HONG KONG: Asian markets reversed early gains Tuesday to sit mostly down in the afternoon as a sell-off in technology shares overshadowed a record close on Wall Street and a rally in energy firms.
After surging on years of low borrowing costs, the tech sector is suffering selling pressure from profit-taking around the world and increasing talk among central banks that the age of cheap money is coming to an end.
With big-name firms such as Apple and Google parent Alphabet suffering in recent weeks, their Asian counterparts are also feeling the pinch.
In Hong Kong internet giant Tencent sank more than four and speaker-maker AAC Technologies dived 2.4
percent, while Tokyo-listed Sony lost 1.7 percent and Sharp dived 1.9 percent. Samsung Electronics retreated 0.5 percent in Seoul.
And those fed through to broader markets, while traders have also been spooked by news that North Korea had tested its first missile that could reach the United States.
Tokyo ended down 0.1 percent, Seoul slipped 0.6 percent and Singapore gave back 0.5 percent and Taipei 0.6 percent. Shanghai was off 0.4 percent.
Hong Kong plunged 1.5 percent, with Kenny Wen, a strategist at Sun Hung Kai Financial in Hong Kong, telling Bloomberg News: “Many investors were betting 25,500 was the supporting level for the Hang Seng Index and have bought lots of futures on it.
“As the index fell below that level this morning, some people got panicked and chose to sell their holdings.”
However, Sydney ended 1.8 percent higher after a more than two percent dive in the previous two days and as Australia’s central bank held off raising interest rates.
The losses came despite a positive lead from Wall Street where the Dow chalked up another record high ahead of Independence Day celebrations.
Markets reversed early gains that were led by energy firms as oil prices bounced.
Crude lost around a fifth of its value between mid-May and mid-June, hitting 10-month lows, as traders fretted that a pick-up in US output was offsetting cuts by OPEC and Russia.
But it has recovered around half of those losses in recent weeks as US firms have cut the number of rigs pumping, easing supply glut worries.
While both main contracts dipped on Tuesday, regional energy firms tracked the previous day’s gains of around two percent on the oil market.
PetroChina and CNOOC surged in Hong Kong, while Tokyo-listed Inpex was more than one percent up.
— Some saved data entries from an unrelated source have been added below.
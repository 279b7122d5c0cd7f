//! The values of a table.
//!
//! The values are read in the order in which the keys are named here, and the first error is
//! returned. An error of `semver` is `Parse` here, so a table is refused only with `Parse`.

ghost use Rattle.std.specs.Prelude.{◌≡◌, ◌⊎◌, ◌++◌, IsOkUnless, IsSomeAnd, OnOk, codes, option_map};
ghost use Rattle.std.specs.FinMap.{insert};
ghost use Rattle.toml.specs.Data.{get_member};
ghost use Rattle.toml.specs.View.{items_view, table_view, view};
ghost use Rattle.cargo_lock_parts.specs.Checksum.{digest_of};
ghost use Rattle.cargo_lock_parts.specs.Error.{IsLong, IsParse, IsParseOrMemory, Reads, ReadsUrls};
ghost use Rattle.cargo_lock_parts.specs.declared.error.Error.TheVariants.{Memory};
ghost use Rattle.cargo_lock_references.specs.Reference.{reference_of, mark_plain};
ghost use Rattle.cargo_lock_references.specs.Records.{texts_of};
ghost use Rattle.cargo_lock_encoding.specs.LongTexts.{HasLongPackage, HasLongPart, HasLongRoot};
ghost use Rattle.cargo_lock_encoding.specs.LongTexts.{HasLongSource, HasLongUnused, HasLongUrlText};
ghost use Rattle.cargo_lock_encoding.specs.LongTexts.{IsLongPackage, IsLongPatch, IsLongPatches};
ghost use Rattle.cargo_lock_encoding.specs.LongTexts.{IsLongText, SomeItem};
ghost use Rattle.toml_fields.specs.Fields.{items_in, number_in, optional_by, optional_list};
ghost use Rattle.toml_fields.specs.Fields.{read_all, required_list, required_text, text_in};
ghost use Rattle.cargo_lock_encoding.specs.TableReading.{all_encoded_packages_at, checksum_from};
ghost use Rattle.cargo_lock_encoding.specs.TableReading.{encoded_at, encoded_package_in};
ghost use Rattle.cargo_lock_encoding.specs.TableReading.{encoded_packages_at, identity_at};
ghost use Rattle.cargo_lock_encoding.specs.TableReading.{metadata_in, package_at_key, patch_at};
ghost use Rattle.cargo_lock_encoding.specs.TableReading.{patch_in, reference_in, source_in};
ghost use Rattle.cargo_lock_encoding.specs.TableReading.{texts_in, unused_patch_in};

use crate::values::EncodableLockfile;
use cargo_lock_parts::dependency::Dependency;
use cargo_lock_parts::error::{Error, Result};
use cargo_lock_parts::package::{Checksum, Name, SourceId, Version};
use cargo_lock_parts::patch::Patch;
use cargo_lock_references::metadata::{Metadata, MetadataKey, MetadataValue};
use cargo_lock_references::package_version::version_of;
use cargo_lock_references::read_sources::ReadSources;
use cargo_lock_references::written_metadata::set;
use cargo_lock_references::{EncodableDependency, EncodablePackage, EncodableSourceId};
use std::alloc::Global;
use std::marker::Model;
use toml::{Table, Value};
use toml_fields::{
    list_in, missing_key, number_at, optional_list, required_list, required_text, text_in,
    value_at, wrong_type,
};

/// Reads the values of a table. `Parse` says which value is refused: the first one that is absent,
/// of another type, or a text that does not read, in the order of the keys here. `Parse` also comes
/// for a URL of 4 GB or more, which only a text of 2^28 bytes or more has. The other error is
/// `Memory`.
#[tactic(auto, unfolding(crate::specs::TableReading::encoded_at, crate::specs::LongTexts::HasLongUrlText))]
pub fn encoded_at(alloc: Global, table: &Table) -> Result<EncodableLockfile>
    ensures { ReadsUrls
        (HasLongUrlText (table_view table.now))
        (λ e. e) result (encoded_at (table_view table.now)) }
{
    let version = number_at(alloc, table, "version")?;
    let all = all_encoded_packages_at(alloc, table)?;
    let metadata = metadata_at(alloc, table, "metadata")?;
    let patch = patch_at_key(alloc, table, "patch")?;
    let AllEncodedPackages { listed, root } = all;
    Ok(EncodableLockfile {
        version,
        package: listed,
        root,
        metadata,
        patch,
    })
}

// The packages of a lockfile and its root.
#[derive(Drop)]
struct AllEncodedPackages {
    listed: Vec<EncodablePackage>,
    root: Option<EncodablePackage>,
}

impl Model for AllEncodedPackages {
    ghost use Rattle.cargo_lock_encoding.specs.TableReading.{EncodedPackages};

    ghost Value = { EncodedPackages };

    ghost view = { λ e. record { listed = e.listed.items; root = e.root } };
}

// The packages of a table, under `package`, and its root, under `root`.
#[tactic(auto, unfolding(crate::specs::TableReading::all_encoded_packages_at))]
fn all_encoded_packages_at(alloc: Global, table: &Table) -> Result<AllEncodedPackages>
    ensures { ReadsUrls
        (HasLongPackage (table_view table.now) ⊎ HasLongRoot (table_view table.now))
        (λ e. e) result (all_encoded_packages_at (table_view table.now)) }
{
    let mut sources = ReadSources::new(alloc);
    let listed = encoded_packages_at(alloc, &mut sources, table)?;
    let root = table_at_key(alloc, &mut sources, table, "root")?;
    Ok(AllEncodedPackages { listed, root })
}

// ---- texts

// The source that a value reads as.
fn source_in(alloc: Global, sources: &mut ReadSources, value: &Value, key: &str) -> Result<SourceId>
    ensures { ReadsUrls
        (IsLongText (view value.now)) (λ s. s) result (source_in (view value.now)) }
{
    let text = text_in(alloc, value, key)?;
    let source = sources.read(alloc, text)?;
    Ok(source)
}

// The source at a key, if the key is present.
fn source_at(
    alloc: Global,
    sources: &mut ReadSources,
    table: &Table,
    key: &str,
) -> Result<Option<SourceId>>
    ensures { ReadsUrls
        (IsSomeAnd (get_member key.now (table_view table.now)) IsLongText)
        (λ o. o) result (optional_by source_in (get_member key.now (table_view table.now))) }
{
    match value_at(table, key) {
        Some(value) => Ok(Some(source_in(alloc, sources, value, key)?)),
        None => Ok(None),
    }
}

// A source that was read, which is marked plain.
pub(crate) fn mark_plain(source: Option<SourceId>) -> Option<EncodableSourceId>
    ensures { result ≡ option_map mark_plain source }
{
    match source {
        Some(source) => Some(EncodableSourceId::without_url_encoded(source)),
        None => None,
    }
}

// The checksum that a value reads as.
fn checksum_from(alloc: Global, value: &Value, key: &str) -> Result<Checksum>
    ensures { Reads digest_of result (checksum_from (view value.now)) }
{
    let text = text_in(alloc, value, key)?;
    let checksum = Checksum::from_str(alloc, text)?;
    Ok(checksum)
}

// The checksum at a key, if the key is present.
fn checksum_at(alloc: Global, table: &Table, key: &str) -> Result<Option<Checksum>>
    ensures { Reads (option_map digest_of) result
        (optional_by checksum_from (get_member key.now (table_view table.now))) }
{
    match value_at(table, key) {
        Some(value) => Ok(Some(checksum_from(alloc, value, key)?)),
        None => Ok(None),
    }
}

// The reference that a text reads as.
pub(crate) fn reference_of(
    alloc: Global,
    sources: &mut ReadSources,
    text: &str,
) -> Result<EncodableDependency>
    ensures { ReadsUrls (IsLong text.now) (λ f. f) result (reference_of text.now) }
{
    match EncodableDependency::from_str_by(alloc, sources, text) {
        Err(Error::Version(fault)) => {
            Err(Error::parse(format!(in alloc; "version error: {fault}")))
        }
        result => result,
    }
}

// The reference that a value reads as.
fn reference_in(
    alloc: Global,
    sources: &mut ReadSources,
    value: &Value,
    key: &str,
) -> Result<EncodableDependency>
    ensures { ReadsUrls
        (IsLongText (view value.now)) (λ f. f) result (reference_in (view value.now)) }
{
    let text = text_in(alloc, value, key)?;
    let reference = reference_of(alloc, sources, text)?;
    Ok(reference)
}

// The reference at a key, if the key is present.
fn reference_at_key(
    alloc: Global,
    sources: &mut ReadSources,
    table: &Table,
    key: &str,
) -> Result<Option<EncodableDependency>>
    ensures { ReadsUrls
        (IsSomeAnd (get_member key.now (table_view table.now)) IsLongText)
        (λ o. o) result (optional_by reference_in (get_member key.now (table_view table.now))) }
{
    match value_at(table, key) {
        Some(value) => Ok(Some(reference_in(alloc, sources, value, key)?)),
        None => Ok(None),
    }
}

fn references_of(
    alloc: Global,
    sources: &mut ReadSources,
    list: &[Value],
    key: &str,
) -> Result<Vec<EncodableDependency>>
    ensures { ReadsUrls
        (SomeItem IsLongText (items_view list.now))
        (λ v. v.items) result (read_all reference_in (items_view list.now)) }
{
    let mut references = Vec::with_capacity(alloc, list.len())?;
    for value in list {
        let reference = reference_in(alloc, sources, value, key)?;
        references.push(reference)?;
    }
    Ok(references)
}

// ---- packages

// The name, the version and the source of a table.
#[tactic(auto, unfolding(crate::specs::TableReading::identity_at))]
fn identity_at(alloc: Global, sources: &mut ReadSources, table: &Table) -> Result<Dependency>
    ensures { ReadsUrls
        (HasLongSource (table_view table.now))
        (λ e. e) result (identity_at (table_view table.now)) }
{
    let written = required_text(alloc, table, "name")?;
    let name = Name::from_str(alloc, written)?;
    let version = required_text(alloc, table, "version")?;
    let version = version_of(alloc, version)?;
    let source = source_at(alloc, sources, table, "source")?;
    Ok(Dependency {
        name,
        version,
        source,
    })
}

#[tactic(auto, unfolding(crate::specs::TableReading::package_at_key))]
fn package_at_key(
    alloc: Global,
    sources: &mut ReadSources,
    table: &Table,
) -> Result<EncodablePackage>
    ensures { ReadsUrls
        (HasLongPart (table_view table.now))
        (λ e. e) result (package_at_key (table_view table.now)) }
{
    let Dependency {
        name,
        version,
        source,
    } = identity_at(alloc, sources, table)?;
    let checksum = checksum_at(alloc, table, "checksum")?;
    let dependencies = optional_list(alloc, table, "dependencies")?;
    let dependencies = references_of(alloc, sources, dependencies, "dependencies")?;
    let replace = reference_at_key(alloc, sources, table, "replace")?;
    Ok(EncodablePackage {
        name,
        version,
        source: mark_plain(source),
        checksum,
        dependencies,
        replace,
    })
}

fn encoded_package_in(
    alloc: Global,
    sources: &mut ReadSources,
    value: &Value,
    key: &str,
) -> Result<EncodablePackage>
    ensures { ReadsUrls
        (IsLongPackage (view value.now)) (λ e. e) result (encoded_package_in (view value.now)) }
{
    match value.as_table() {
        Some(table) => package_at_key(alloc, sources, table),
        None => Err(wrong_type(alloc, key)),
    }
}

fn encoded_packages_of(
    alloc: Global,
    sources: &mut ReadSources,
    list: &[Value],
    key: &str,
) -> Result<Vec<EncodablePackage>>
    ensures { ReadsUrls
        (SomeItem IsLongPackage (items_view list.now))
        (λ v. v.items) result (read_all encoded_package_in (items_view list.now)) }
{
    let mut listed = Vec::with_capacity(alloc, list.len())?;
    for value in list {
        let encoded = encoded_package_in(alloc, sources, value, key)?;
        listed.push(encoded)?;
    }
    Ok(listed)
}

#[tactic(auto, unfolding(crate::specs::TableReading::encoded_packages_at))]
fn encoded_packages_at(
    alloc: Global,
    sources: &mut ReadSources,
    table: &Table,
) -> Result<Vec<EncodablePackage>>
    ensures { ReadsUrls
        (HasLongPackage (table_view table.now))
        (λ v. v.items) result (encoded_packages_at (table_view table.now)) }
{
    let list = optional_list(alloc, table, "package")?;
    encoded_packages_of(alloc, sources, list, "package")
}

// The package at a key, if the key is present.
fn table_at_key(
    alloc: Global,
    sources: &mut ReadSources,
    table: &Table,
    key: &str,
) -> Result<Option<EncodablePackage>>
    ensures { ReadsUrls
        (IsSomeAnd (get_member key.now (table_view table.now)) IsLongPackage)
        (λ o. o) result
        (optional_by encoded_package_in (get_member key.now (table_view table.now))) }
{
    match value_at(table, key) {
        Some(value) => Ok(Some(encoded_package_in(alloc, sources, value, key)?)),
        None => Ok(None),
    }
}

// ---- metadata

// Sets a key to a text.
pub(crate) fn put_text(alloc: Global, metadata: &mut Metadata, key: &str, value: &str) -> Result<()>
    ensures ok { OnOk result
        (texts_of metadata.new.entries ≡ insert (texts_of metadata.old.entries) key.now value.now) }
    ensures err { IsOkUnless result Memory }
{
    let key = MetadataKey::from_str(alloc, key)?;
    let value = MetadataValue::from_str(alloc, value)?;
    set(metadata, key, value)?;
    Ok(())
}

// The texts of a table, in the order of its keys.
fn texts_in(alloc: Global, table: &Table) -> Result<Metadata>
    ensures { Reads (λ m. texts_of m.entries) result (texts_in (table_view table.now)) }
{
    let mut metadata = Metadata::new(alloc);
    for (key, value) in table {
        let text = text_in(alloc, value, "metadata")?;
        put_text(alloc, &mut metadata, key.as_str(), text)?;
    }
    Ok(metadata)
}

// The metadata at a key, empty if the key is absent.
fn metadata_at(alloc: Global, table: &Table, key: &str) -> Result<Metadata>
    ensures { Reads
        (λ m. texts_of m.entries) result (metadata_in (get_member key.now (table_view table.now))) }
{
    let Some(value) = value_at(table, key) else {
        return Ok(Metadata::new(alloc));
    };
    match value.as_table() {
        Some(table) => texts_in(alloc, table),
        None => Err(wrong_type(alloc, key)),
    }
}

// ---- patches

fn unused_patch_in(
    alloc: Global,
    sources: &mut ReadSources,
    value: &Value,
    key: &str,
) -> Result<Dependency>
    ensures { ReadsUrls
        (IsLongPatch (view value.now)) (λ e. e) result (unused_patch_in (view value.now)) }
{
    match value.as_table() {
        Some(table) => identity_at(alloc, sources, table),
        None => Err(wrong_type(alloc, key)),
    }
}

fn patches_of(
    alloc: Global,
    sources: &mut ReadSources,
    list: &[Value],
    key: &str,
) -> Result<Vec<Dependency>>
    ensures { ReadsUrls
        (SomeItem IsLongPatch (items_view list.now))
        (λ v. v.items) result (read_all unused_patch_in (items_view list.now)) }
{
    let mut patches = Vec::with_capacity(alloc, list.len())?;
    for value in list {
        let patch = unused_patch_in(alloc, sources, value, key)?;
        patches.push(patch)?;
    }
    Ok(patches)
}

// The unused patches of a table.
fn patch_at(alloc: Global, table: &Table) -> Result<Patch>
    ensures { ReadsUrls
        (HasLongUnused (table_view table.now)) (λ p. p) result (patch_at (table_view table.now)) }
{
    let list = required_list(alloc, table, "unused")?;
    let mut sources = ReadSources::new(alloc);
    let unused = patches_of(alloc, &mut sources, list, "unused")?;
    Ok(Patch { unused })
}

// The unused patches at a key, none if the key is absent.
fn patch_at_key(alloc: Global, table: &Table, key: &str) -> Result<Patch>
    ensures { ReadsUrls
        (IsSomeAnd (get_member key.now (table_view table.now)) IsLongPatches)
        (λ p. p) result (patch_in (get_member key.now (table_view table.now))) }
{
    let Some(value) = value_at(table, key) else {
        return Ok(Patch::new(alloc));
    };
    match value.as_table() {
        Some(table) => patch_at(alloc, table),
        None => Err(wrong_type(alloc, key)),
    }
}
However, refiner Idemitsu Kosan plunged more than 11 percent in Japan after saying it plans to raise up to $1.2 billion in a share sale despite opposition from its founding family to a merger with rival Showa Shell Sekiyu K.K. Showa Shell soared more than seven percent.
In Sydney, Woodside Petroleum and Rio Tinto jumped.
The dollar held up after bouncing Monday from last week’s sharp losses thanks to upbeat factory figures. Analysts also suggested central banks were stepping back from hawkish comments indicating monetary tightening.
The pound was weighed by below-forecast manufacturing data while European Central Bank officials looked to temper boss Mario Draghi’s suggestion of higher interest rates.
“We’ve seen an aggressive pullback from last week’s speculative bets fuelled by the hawkish chorus of central bankers,” said Stephen Innes, senior trader at OANDA.
However, the greenback fell against the yen following North Korea’s missile test, the latest provocation to ratchet up tensions over its nuclear weapons ambitions.
Investors are awaiting the release Wednesday of minutes from the Federal Reserve’s June policy meeting and key US jobs data Friday.
In early European trade London fell 0.4 percent while Paris and Frankfurt each shed 0.3 percent.